I have taken the advice many of you suggested and tried to take time for myself. I am either the most unlucky person in the world or maybe I am just not meant to have me time. For the last three weeks literally every planned evening for myself has been sabotaged in some way by some reasonable explanation or emergent situation. Tonight was there is water under the washer it’s probably leaking. Can’t seem to reproduce it so apparently isn’t anymore. But it’s 830pm so why go out now. The last time was because my wife was working all weekend and my original plan of me time was then cancelled and wiped off the calendar otherwise we wouldn’t have had any family time. So subsequently all I am thinking and saying to myself now is....don’t bother trying to find the time, the disappointment just makes my head worse.
Anyone have any great suggestions or Pearls of wisdom. I cannot seem to snap out of this I give up mentality. But I am well aware the let down isn’t helpful to my depression at all.
Well MrSadness, I looked to see if I was one who responded to your dilemma in finding
some "me time". I am usually thinking 10 minutes or so in a quiet corner of your home
where you won't be disturbed. It may have to wait in some cases for when the children
are asleep. The purpose of this "me time" is to lower your stress of the day and calm
both your mind and body. When you have a family and a working partner, it's pretty
hard to make the time to actually go out of the house, there will usually be something
that will come up. That's life.
But rather than get further down in disappointment and frustration, knowing you have
some time to yourself even for a short time can regenerate you. Being a father and a husband who suffers from depression is not easy. Rather than have no time to yourself,
grab what you can get and make the most of it whether 10 min, an hour or an evening.
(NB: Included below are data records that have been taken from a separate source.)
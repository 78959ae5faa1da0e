// What holds of the file of a book: each function's contract is a theorem.
ghost use Rattle.journal.specs.Theorems.{RecordReadsExactly, RecordHasOneString, FrontOfRecordIsCutShort, MalformedRecordForGood, ReplayIsTaking, ReplayIsTakingBack, OpenedArises, OpensExactly, RecordsOpen, OpensAgain, FrontOpens, FiledEmpty, FiledTake, FiledMade, FiledBack, FiledAlways, CrashLeavesAMoment};

// A record is read exactly where the bytes are its bytes.
pub fn record_reads_exactly()
    ensures { RecordReadsExactly }
{}

// A record has one string of bytes, and no other record has it.
pub fn record_has_one_string()
    ensures { RecordHasOneString }
{}

// A record whose last bytes are missing is cut short, wherever it is cut.
pub fn front_of_record_is_cut_short()
    ensures { FrontOfRecordIsCutShort }
{}

// Nothing that follows mends a malformed record.
pub fn malformed_record_for_good()
    ensures { MalformedRecordForGood }
{}

// To replay a change that came in is to take it.
pub fn replaying_is_taking()
    ensures { ReplayIsTaking }
{}

// To replay that a change was taken back is to take it back.
pub fn replaying_is_taking_back()
    ensures { ReplayIsTakingBack }
{}

// Opening replays the records at the front of the bytes, and stops where one is cut short, malformed or misplaced.
pub fn opening_replays_exactly()
    ensures { OpensExactly }
{}

// The bytes of records that replay are opened to where these lead.
pub fn records_open()
    ensures { RecordsOpen }
{}

// What opening keeps, however damaged the file was, opens to the same book.
pub fn what_is_kept_opens_again()
    ensures { OpensAgain }
{}

// The first bytes of a file open to the book after the records that lie wholly in them.
pub fn front_of_a_file_opens()
    ensures { FrontOpens }
{}

// A book that was opened, from whatever bytes, came about by taking and taking back.
pub fn opened_book_arises()
    ensures { OpenedArises }
{}

// The file of a book without changes has no bytes.
pub fn empty_book_is_filed()
    ensures { FiledEmpty }
{}

// With the changes that came in written behind it, the file is that of the book after taking.
pub fn taking_is_filed()
    ensures { FiledTake }
{}

// So it is after making.
pub fn making_is_filed()
    ensures { FiledMade }
{}

// And after taking back, with the record of that.
pub fn taking_back_is_filed()
    ensures { FiledBack }
{}

// Whatever was called, the file opens to the book.
pub fn file_follows_the_book()
    ensures { FiledAlways }
{}

// Whatever a crash leaves behind what was synced, opening gives the book of a moment at or after the sync.
pub fn crash_leaves_a_moment()
    ensures { CrashLeavesAMoment }
{}
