// The records of a book's file: read from lent bytes, and written.
use change::names::Name;
use change::view::ChangeView;

mod methods;

// What a record says: a change came in, which is told by a C, or the change of a name was taken back.
#[derive(Clone, Copy)]
pub enum Told<C> {
    Came(C),
    Went(Name),
}

// A record as it lies in lent bytes.
pub type RecordView<'a> = Told<ChangeView<'a>>;

pub use methods::went_bytes;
Some day the house will be sooo quiet that you will have more time than you know what
to do with. Right now do a lot of deep breathing and meditation x
Don't try to plan it. Let something happen that gives you a few minutes to breath. That's me time briefly. I stopped and stared at some cows in a field the other day on my drive home, it helped me to center myself before returning to the shit storm of home
I go for a drive wherever, park the car and just sit there till im ready to go back home..even if its around the corner..
Hello MrSadness
Best advice: stop trying to find time and start taking time for yourself.
Be ruthless.
Question: who sabotages your plans for me time? You? Your wife or the washing machine?
For now, do you have a decent lunch break at work? Can you go for a 20 minute walk?
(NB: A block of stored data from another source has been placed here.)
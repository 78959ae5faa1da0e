// The file of a book: its records, and what opening it comes to.
#![tactic(auto)]

pub mod laws;
pub mod record;
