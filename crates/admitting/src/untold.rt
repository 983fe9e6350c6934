// What a request comes to.
use method::Outcome;
use tables::Tally;

// A request's outcome, the tally after it, and where its own entry is due: behind its evictions, which are told.
#[derive(Clone, Copy)]
pub struct Untold {
    pub outcome: Outcome,
    pub tally: Tally,
    pub due: usize,
}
I think you wrote in a previous post that your appointment/s with your therapist had to be cancelled??
At one time an appointment with my therapist was my lifeline. I can only guess at the depths of your sadness.
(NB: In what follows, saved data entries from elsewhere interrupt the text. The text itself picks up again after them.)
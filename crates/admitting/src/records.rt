// Two steps of `shelving` that read one table, where a run lends all records as one value.
// After a loan of one table out of them a proof can't name what the records hold, so each loan stands in a function of its own.
ghost use Rattle.shelving.specs.Room.{Roomless, Roomed};
ghost use Rattle.shelving.specs.Telling.{Tellable, Told};

use amounts::{Bytes, Key};
use shelving::{Low, Room};
use tables::{Records, Tally};

// Writes the evictions, of the files that the records name.
pub(crate) fn tell(r: &Records, n: usize, left: usize, queue: &[u16], events: &mut [u32], at: usize)
    requires { Tellable n left r.now.file.now queue.now events.old at }
    ensures { Told n left r.now.file.now queue.now events.old at events.new }
{
    shelving::tell(n, left, r.file, queue, events, at);
}

// Sets the lowest aside, of the sizes that the records name.
pub(crate) fn make_room(
    r: &Records,
    a: Tally,
    z: Bytes,
    limit: Key,
    key: &[u64],
    stamp: &[u64],
    queue: &mut [u16],
    entry: &mut [u16],
) -> Result<Room, Low>
    requires { Roomless a z.0 r.now.size.now key.now stamp.now queue.old entry.old }
    ensures { Roomed a z.0 limit.0 r.now.size.now key.now stamp.now queue.old entry.old queue.new entry.new result }
{
    shelving::make_room(a, z, limit, r.size, key, stamp, queue, entry)
}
You know it’s not a question of snapping out of anything. Fill your cup first MrSadness. Think big and build the life you yearn for instead of managing the one in front of you.
Be brave, take what you need because you are worth it.
I am retired now but when I was working, raising family, taking care of others, I would get up early and go to a diner for breakfast before work. It is stolen time but I feel so much better after. I didnt tell anyone about this because I was sure they would talk me out of it.